На вездеходе с урной приехал сам завхоз с замом начальника партии. Именно в такой последовательности, потому что еще вопрос: не был ли завхоз фигурой поважнее и самого начальника. Похоже, наши инженеры-техники все-таки намекнули начальству о зреющем недовольстве. Но спиртного в вездеходе не оказалось. После получасовой беседы нашего маленького начальства с их большим народ начали вызывать для голосования. Один за другим работяги выходили из балка со станцией и урной, зло плевались и выбрасывали в снег неиспользованные бюллетени. Заходили на кухню ко мне и подписывались под коллективной кляузой. Где-то посеред «голосования» забежали и оператор с помощником. Еще раз извинились, что подписаться не могут, признались, что сами проголосовали. Под конец к урне прошли братаны-авторитеты. Что-то слишком долго они там задержались, а когда вышли, странно блестели их глаза. Вдруг выяснилось, что человек пять начальство может взять к себе в вездеход – отвезти дня на три на базу. Юрика с Сашей, старого бича-алкоголика Женю, еще пару человек – пусть, мол, хоть кто-то передохнет: в поле работы осталось не так уж много. Я сунул Юре бумажку с нашими подписями:
– Подпиши!
– Да-да, конечно, – торопливо ответил синеглазый красавец, – потом подпишу, сейчас некогда, – он уже залезал в вездеход.
– Не забудь отправить письмо – вот в этом конверте!
– Отправлю, не беспокойся, – ответил он уже гораздо уверенней, и я успокоился.
Через несколько дней они вернулись. Вид у них был смущенно-веселый и явно заговорщицкий. Непонятно чем умиленный Юрик. Улыбающийся в рыжую бороду обычно хмурый финн Саша. Что-то знающий, но с независимым видом посматривающий по сторонам старый бич Женька. Пятерка зашла в балок братьев, и несколько любопытствующих протиснулись за ними. Юра огляделся, сунул руку под бушлат и отчасти театрально извлек из-за пазухи маленький, размером с кулак пушистый комок – всего лишь за две-три недели до того прозревшего котенка. Взглянуть на это диво пришли почти все. Диво сидело посреди вагончика и облизывалось. Кто-то уже достал сухого молока и разводил его кипятком. Немного спустя миску с молоком выставили на мороз, чтобы оно побыстрее остудилось. Тем временем в одном из углов проснулся Тузик, а от кухни, привлеченные суетой, прибежали Фортуна с Бармалеем. Молоко поставили перед котенком, но собаки, впервые в жизни видевшие такое существо, восприняли этот жест на свой счет и в простоте душевной с трех разных углов балка двинулись к миске. Через секунду случилось страшное. Наш мирный домик на полозьях наполнило шипенье тысячи змей, а серо-белый комок в центре, бешено вращаясь, раздулся до размеров футбольного мяча. Когтистые молнии ударили одновременно во все стороны, и в то же мгновенье в воздухе повис скулеж Бармалея и обиженно недоуменный плач щенка. Проворная Фортуна вовремя успела отпрянуть в сторону. Крохотное зеленоглазое чудище с довольным урчанием лакало молоко, победительно поглядывая на забившихся в ужасе по углам несчастных соперников. Бодливой козе Бог рог не дает. Были бы кошки размером с овчарку – страшнее бы не было в мире зверя…
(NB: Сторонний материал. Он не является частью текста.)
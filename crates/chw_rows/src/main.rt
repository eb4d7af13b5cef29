//! Rows of the whole program, each with the status, the line of a refusal and, below them, the text
//! that is written.
//!
//! `check TEXT`, `emit TEXT` and `normalise TEXT` are these commands on a file of this text.
//! `accepts TEXT` is `check`, of which the text isn't shown, and `both TEXT` is `check` and `emit`,
//! which are to answer alike. `words "WORD" .. TEXT` has all words between quotation marks.
//! `absent`, `unread`, `unwritten` and `untold` are `emit` where no file has the name, or where the
//! file, the text or the line is at fault.
//!
//! `run VERILOG %% STIM` and `simulate TEXT %% STIM` are these commands on two files of these
//! texts, `v` and `s`, and `files "WORD" .. TEXT %% STIM` has other words.
//! `fails COMMAND N N N TEXT %% STIM` is a command on both files where a call of the shelf, of the
//! output and of the error output fails, by their numbers from 0, and shows how many bytes were
//! written. `failing N N N "WORD" .. TEXT %% STIM` has other words.
//!
//! `prefixes COMMAND TEXT %% STIM` runs a command on each proper prefix of the text in `v`, and
//! shows how many runs end with each status and code. `stimulus_prefixes` cuts the text in `s`, and
//! `replaced BYTE COMMAND TEXT %% STIM` puts a byte for each of those in `v` in turn.
//!
//! After the rows come the commands of standard input, run on the files of the system: here the
//! examples of the documents. Each is shown as `chw COMMAND`, what it writes, and `status N`.
#![tactic(auto)]

mod changes;
mod commands;
mod nets;
mod run;

use changes::{put_prefixes, put_replaced, put_stimulus_prefixes};
use chw_base::{Name, NoMemory, Or};
use commands::run_commands;
use nets::{put_failing, put_failing_words, put_net, put_words_on_files};
use row_tables::{Unread, bytes_of, print_rows, words_of};
use run::{Fails, NONE, Shown, one_file, put_run};
use std::alloc::Global;
use std::io;

fn main(rt: HostRuntime) -> io::Result<()> {
    print_rows(&rt, answer)?;
    let commands = io::read_to_string(rt.alloc(), rt.stdin())?;
    run_commands(&rt, commands.as_str())
}

// Writes what `top` answers to a row.
fn answer(alloc: Global, call: &str, text: &str, out: &mut Vec<u8>) -> Result<(), Or<Unread>> {
    match call {
        "words" => put_words(alloc, text, out),
        "both" => put_both(alloc, text, out),
        "check" | "accepts" => put_command(alloc, "check", call, text, out),
        "normalise" => put_command(alloc, "normalise", call, text, out),
        "run" | "simulate" => put_net(alloc, call, text, out),
        "fails" => put_failing(alloc, text, out),
        "failing" => put_failing_words(alloc, text, out),
        "prefixes" => put_prefixes(alloc, text, out),
        "stimulus_prefixes" => put_stimulus_prefixes(alloc, text, out),
        "replaced" => put_replaced(alloc, text, out),
        "files" => put_words_on_files(alloc, text, out),
        _ => put_command(alloc, "emit", call, text, out),
    }
}

// Writes what is answered to the words between quotation marks, where the file has the text after
// them.
fn put_words(alloc: Global, row: &str, out: &mut Vec<u8>) -> Result<(), Or<Unread>> {
    let words = words_of(alloc, row)?;
    let (_, text) = row.rsplit_once('"').unwrap_or(("", row));
    let text = bytes_of(alloc, text.trim_start())?;
    let files = one_file(alloc, "a.chw", &text)?;
    Ok(put_run(alloc, words.as_slice(), files, &NONE, Shown::Text, out)?)
}

// Writes what is answered to a command.
fn put_command(
    alloc: Global,
    command: &str,
    call: &str,
    text: &str,
    out: &mut Vec<u8>,
) -> Result<(), Or<Unread>> {
    let text = bytes_of(alloc, text)?;
    let words = words(alloc, command)?;
    let files = one_file(alloc, file_of(call), &text)?;
    Ok(put_run(
        alloc,
        words.as_slice(),
        files,
        &fails_of(call),
        shown_of(call),
        out,
    )?)
}

// The name of the file: another one for the call `absent`.
fn file_of(call: &str) -> &'static str {
    if call == "absent" { "b.chw" } else { "a.chw" }
}

// The call that fails, which the row's call names.
fn fails_of(call: &str) -> Fails {
    Fails {
        shelf: first_if(call == "unread"),
        out: first_if(call == "unwritten"),
        err: first_if(call == "untold"),
    }
}

fn first_if(fails: bool) -> Option<u32> {
    if fails { Some(0) } else { None }
}

fn shown_of(call: &str) -> Shown {
    if call == "accepts" {
        Shown::Nothing
    } else {
        Shown::Text
    }
}

// The words of a command on the file `a.chw`.
fn words(alloc: Global, command: &str) -> Result<Vec<Name>, NoMemory> {
    let mut words = Vec::new(alloc);
    words.push(Name::copy_of(alloc, command.as_bytes())?)?;
    words.push(Name::copy_of(alloc, b"a.chw")?)?;
    Ok(words)
}

// Writes what is answered to `check`, and after it what is answered to `emit` where that is
// something else.
fn put_both(alloc: Global, text: &str, out: &mut Vec<u8>) -> Result<(), Or<Unread>> {
    let mut checked = Vec::new(alloc);
    put_command(alloc, "check", "check", text, &mut checked)?;
    let mut emitted = Vec::new(alloc);
    put_command(alloc, "emit", "emit", text, &mut emitted)?;
    out.extend_from_slice(checked.as_slice())?;
    if checked.as_slice() != emitted.as_slice() {
        row_tables::put(out, "; emit: ")?;
        out.extend_from_slice(emitted.as_slice())?;
    }
    Ok(())
}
Полевой сезон шел к концу. Мы добивали последние участки ближних профилей (дальние сделали заранее), а ближе к маю Сережа наварил несколько кастрюль крепчайшего бульона, заморозил его до состояния ледяных глыб и, завернув в бумагу, отнес на станцию. Я перенес туда же свои пожитки. Осталось сделать в нескольких местах так называемую микросейсмику. Рабочие для этого были уже не нужны, и мы распрощались. Инженер, техник, тракторист и я остались в уже плывущей под майским солнцем тундре еще дней на десять. Кажется, я так до сих пор и не сказал, чем вообще мы там занимались. Когда я нажимал на кнопку и в земной толще взрывались тридцать один и две десятых килограмма тротила, взрывные волны, распространяясь во все стороны, натыкались на границы сред разной плотности и частично отражались от них, вновь выходя на поверхность. Датчики-«морковки» улавливали эти колебания и по проводам «кос» передавали сигналы на станционную аппаратуру. После обработки результатов можно было определить, где именно взрывная волна распространяется со скоростью, соответствующей ее прохождению через вязкую жидкость. Так определялись нефтеносные слои, границы которых и прочие параметры как раз и предстояло уточнить с помощью микросейсмики – более слабых, но близко друг от друга делавшихся взрывов. В теории по нашим рекомендациям, в указанных нами местах должны были ставиться опытные буровые вышки для уточнения реального количества и качества нефти, и лишь затем могли появляться производственники. В действительности, буровики были уверены, что где в этом районе ни копни – какая-нибудь нефть будет все равно, а потому ставили проверочные вышки не «по науке», а там, где им было удобнее жить, ловить рыбу и охотиться: то есть на берегах бесчисленных озер и речек. О нравах производственников и говорить не охота. Так что на практике несколько тысяч работников геологических и геофизических партий и экспедиций годами делали работу, единственным результатом которой были толстые папки отчетов, хранившихся в архивах и извлекавшихся из них лишь тогда, когда кому-нибудь выходила нужда воспользоваться ими для написания очередной диссертации. Конечно, я несколько преувеличиваю, но в целом такая картинка была близка к действительности, и об этом знал каждый, на кого находила блажь полюбопытствовать.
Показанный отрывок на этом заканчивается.